(Beginning of Records to process)

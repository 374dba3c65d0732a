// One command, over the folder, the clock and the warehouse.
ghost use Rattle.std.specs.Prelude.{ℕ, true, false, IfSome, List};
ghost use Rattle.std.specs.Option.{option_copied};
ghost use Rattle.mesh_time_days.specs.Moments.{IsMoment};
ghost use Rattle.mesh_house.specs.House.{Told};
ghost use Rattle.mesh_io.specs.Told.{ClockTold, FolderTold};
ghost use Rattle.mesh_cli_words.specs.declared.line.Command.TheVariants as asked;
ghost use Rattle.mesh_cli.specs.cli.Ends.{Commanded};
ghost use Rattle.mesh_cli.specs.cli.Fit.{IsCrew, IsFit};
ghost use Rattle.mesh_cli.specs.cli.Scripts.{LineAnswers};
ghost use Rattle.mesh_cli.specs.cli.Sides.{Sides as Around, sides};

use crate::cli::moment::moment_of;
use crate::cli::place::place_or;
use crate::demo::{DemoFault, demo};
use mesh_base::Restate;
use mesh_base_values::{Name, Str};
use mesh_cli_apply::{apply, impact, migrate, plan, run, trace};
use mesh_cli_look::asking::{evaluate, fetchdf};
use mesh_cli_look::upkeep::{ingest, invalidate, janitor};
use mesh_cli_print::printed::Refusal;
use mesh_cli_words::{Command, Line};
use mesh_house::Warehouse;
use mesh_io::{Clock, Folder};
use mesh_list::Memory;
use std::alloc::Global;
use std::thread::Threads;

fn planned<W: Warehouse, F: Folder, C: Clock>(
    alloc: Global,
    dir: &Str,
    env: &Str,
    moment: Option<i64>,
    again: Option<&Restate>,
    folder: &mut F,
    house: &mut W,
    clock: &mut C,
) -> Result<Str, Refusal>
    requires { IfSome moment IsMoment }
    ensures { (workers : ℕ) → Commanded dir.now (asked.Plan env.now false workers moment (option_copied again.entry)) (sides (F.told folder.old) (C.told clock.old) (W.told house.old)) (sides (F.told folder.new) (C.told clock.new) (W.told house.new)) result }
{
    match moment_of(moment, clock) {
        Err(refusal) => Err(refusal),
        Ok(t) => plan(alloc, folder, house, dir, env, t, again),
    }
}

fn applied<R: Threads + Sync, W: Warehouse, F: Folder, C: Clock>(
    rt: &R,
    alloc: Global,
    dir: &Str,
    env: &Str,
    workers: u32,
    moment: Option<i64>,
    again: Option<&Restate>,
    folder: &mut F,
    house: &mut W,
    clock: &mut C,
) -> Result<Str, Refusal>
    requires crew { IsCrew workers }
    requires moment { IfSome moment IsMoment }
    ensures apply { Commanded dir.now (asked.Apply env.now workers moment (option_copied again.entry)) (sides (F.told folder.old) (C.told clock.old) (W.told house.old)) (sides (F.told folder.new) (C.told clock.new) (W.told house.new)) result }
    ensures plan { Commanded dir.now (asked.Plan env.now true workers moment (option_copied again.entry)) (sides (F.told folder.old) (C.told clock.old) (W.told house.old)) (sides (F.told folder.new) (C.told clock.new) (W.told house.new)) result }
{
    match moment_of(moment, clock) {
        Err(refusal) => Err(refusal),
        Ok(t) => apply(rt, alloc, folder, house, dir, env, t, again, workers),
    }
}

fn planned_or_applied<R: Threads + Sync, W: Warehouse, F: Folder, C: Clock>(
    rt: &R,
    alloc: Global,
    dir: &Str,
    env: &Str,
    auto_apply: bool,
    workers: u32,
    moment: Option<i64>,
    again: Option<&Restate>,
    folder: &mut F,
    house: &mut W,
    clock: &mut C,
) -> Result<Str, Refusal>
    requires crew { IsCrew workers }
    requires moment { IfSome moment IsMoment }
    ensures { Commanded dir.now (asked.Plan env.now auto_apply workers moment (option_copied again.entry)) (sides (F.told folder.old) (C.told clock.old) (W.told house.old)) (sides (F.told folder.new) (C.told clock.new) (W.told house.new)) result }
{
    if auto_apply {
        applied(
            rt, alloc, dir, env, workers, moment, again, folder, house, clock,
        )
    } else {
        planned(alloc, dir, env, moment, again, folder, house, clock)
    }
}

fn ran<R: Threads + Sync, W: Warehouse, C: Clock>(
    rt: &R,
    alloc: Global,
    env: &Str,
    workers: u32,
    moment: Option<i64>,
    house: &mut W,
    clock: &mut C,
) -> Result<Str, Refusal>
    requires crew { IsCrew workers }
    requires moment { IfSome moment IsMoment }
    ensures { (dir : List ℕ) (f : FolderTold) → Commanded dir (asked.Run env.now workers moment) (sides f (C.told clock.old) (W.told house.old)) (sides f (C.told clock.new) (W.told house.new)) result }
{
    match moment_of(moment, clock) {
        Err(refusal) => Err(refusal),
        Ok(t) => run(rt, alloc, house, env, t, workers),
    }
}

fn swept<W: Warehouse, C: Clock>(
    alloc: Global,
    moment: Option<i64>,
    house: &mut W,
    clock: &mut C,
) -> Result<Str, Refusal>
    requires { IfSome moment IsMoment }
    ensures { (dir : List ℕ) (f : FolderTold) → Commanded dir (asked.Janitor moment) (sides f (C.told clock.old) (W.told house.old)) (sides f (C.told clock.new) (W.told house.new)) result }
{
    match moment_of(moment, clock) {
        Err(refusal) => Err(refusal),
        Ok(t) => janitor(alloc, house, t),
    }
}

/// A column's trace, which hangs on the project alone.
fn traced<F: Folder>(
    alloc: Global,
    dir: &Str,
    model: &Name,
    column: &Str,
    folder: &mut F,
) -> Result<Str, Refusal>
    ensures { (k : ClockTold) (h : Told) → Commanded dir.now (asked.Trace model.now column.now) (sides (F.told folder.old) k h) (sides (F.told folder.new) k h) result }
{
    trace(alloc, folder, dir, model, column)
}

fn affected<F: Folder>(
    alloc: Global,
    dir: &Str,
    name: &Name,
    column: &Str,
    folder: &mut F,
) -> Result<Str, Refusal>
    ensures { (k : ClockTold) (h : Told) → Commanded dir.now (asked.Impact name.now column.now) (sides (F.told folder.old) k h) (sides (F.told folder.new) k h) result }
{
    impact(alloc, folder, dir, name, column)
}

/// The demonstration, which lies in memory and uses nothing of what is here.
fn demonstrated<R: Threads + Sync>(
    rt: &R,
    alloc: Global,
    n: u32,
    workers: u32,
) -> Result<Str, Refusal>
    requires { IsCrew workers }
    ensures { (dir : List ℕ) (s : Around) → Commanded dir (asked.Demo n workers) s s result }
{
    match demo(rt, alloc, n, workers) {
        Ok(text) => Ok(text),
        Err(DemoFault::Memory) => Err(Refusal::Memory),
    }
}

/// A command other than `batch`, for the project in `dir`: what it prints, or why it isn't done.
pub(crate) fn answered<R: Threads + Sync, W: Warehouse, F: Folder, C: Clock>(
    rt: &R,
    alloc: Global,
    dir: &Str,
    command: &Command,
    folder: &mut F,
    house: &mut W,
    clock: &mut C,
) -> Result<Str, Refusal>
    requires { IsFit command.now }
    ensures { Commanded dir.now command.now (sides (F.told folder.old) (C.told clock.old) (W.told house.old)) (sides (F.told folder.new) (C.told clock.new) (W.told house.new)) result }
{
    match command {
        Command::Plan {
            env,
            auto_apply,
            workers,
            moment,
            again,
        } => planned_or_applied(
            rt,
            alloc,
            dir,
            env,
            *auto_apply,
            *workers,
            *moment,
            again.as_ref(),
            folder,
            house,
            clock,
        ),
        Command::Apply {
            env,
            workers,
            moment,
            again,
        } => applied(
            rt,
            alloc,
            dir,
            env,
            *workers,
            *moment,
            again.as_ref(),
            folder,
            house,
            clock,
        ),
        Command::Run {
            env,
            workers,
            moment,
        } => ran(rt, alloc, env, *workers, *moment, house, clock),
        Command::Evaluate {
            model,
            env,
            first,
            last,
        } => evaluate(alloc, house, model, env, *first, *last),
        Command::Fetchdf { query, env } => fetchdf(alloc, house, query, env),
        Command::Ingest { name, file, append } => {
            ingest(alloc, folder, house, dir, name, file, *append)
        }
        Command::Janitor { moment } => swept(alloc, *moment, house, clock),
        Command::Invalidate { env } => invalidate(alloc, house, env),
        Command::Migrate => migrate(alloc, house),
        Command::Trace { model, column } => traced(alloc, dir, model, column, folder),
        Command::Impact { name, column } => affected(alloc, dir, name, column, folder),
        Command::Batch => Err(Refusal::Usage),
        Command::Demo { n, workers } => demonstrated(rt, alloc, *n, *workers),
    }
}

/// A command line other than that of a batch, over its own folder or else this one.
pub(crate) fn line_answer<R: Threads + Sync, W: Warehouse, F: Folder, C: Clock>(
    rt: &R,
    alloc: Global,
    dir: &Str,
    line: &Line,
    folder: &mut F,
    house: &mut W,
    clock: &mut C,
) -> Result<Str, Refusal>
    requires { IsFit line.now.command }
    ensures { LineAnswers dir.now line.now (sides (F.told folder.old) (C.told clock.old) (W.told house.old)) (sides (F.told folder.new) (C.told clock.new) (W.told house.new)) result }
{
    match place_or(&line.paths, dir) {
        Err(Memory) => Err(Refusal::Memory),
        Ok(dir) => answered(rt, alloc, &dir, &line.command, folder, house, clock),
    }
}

(End of Records to process)

:: What is required ::
Everything from the line that contains "LineAnswers dir.now line.now" to the last line of the records, restated word for word, is the required output.

:: Output of the task ::
    ensures { LineAnswers dir.now line.now (sides (F.told folder.old) (C.told clock.old) (W.told house.old)) (sides (F.told folder.new) (C.told clock.new) (W.told house.new)) result }
{
    match place_or(&line.paths, dir) {
        Err(Memory) => Err(Refusal::Memory),
        Ok(dir) => answered(rt, alloc, &dir, &line.command, folder, house, clock),
    }
}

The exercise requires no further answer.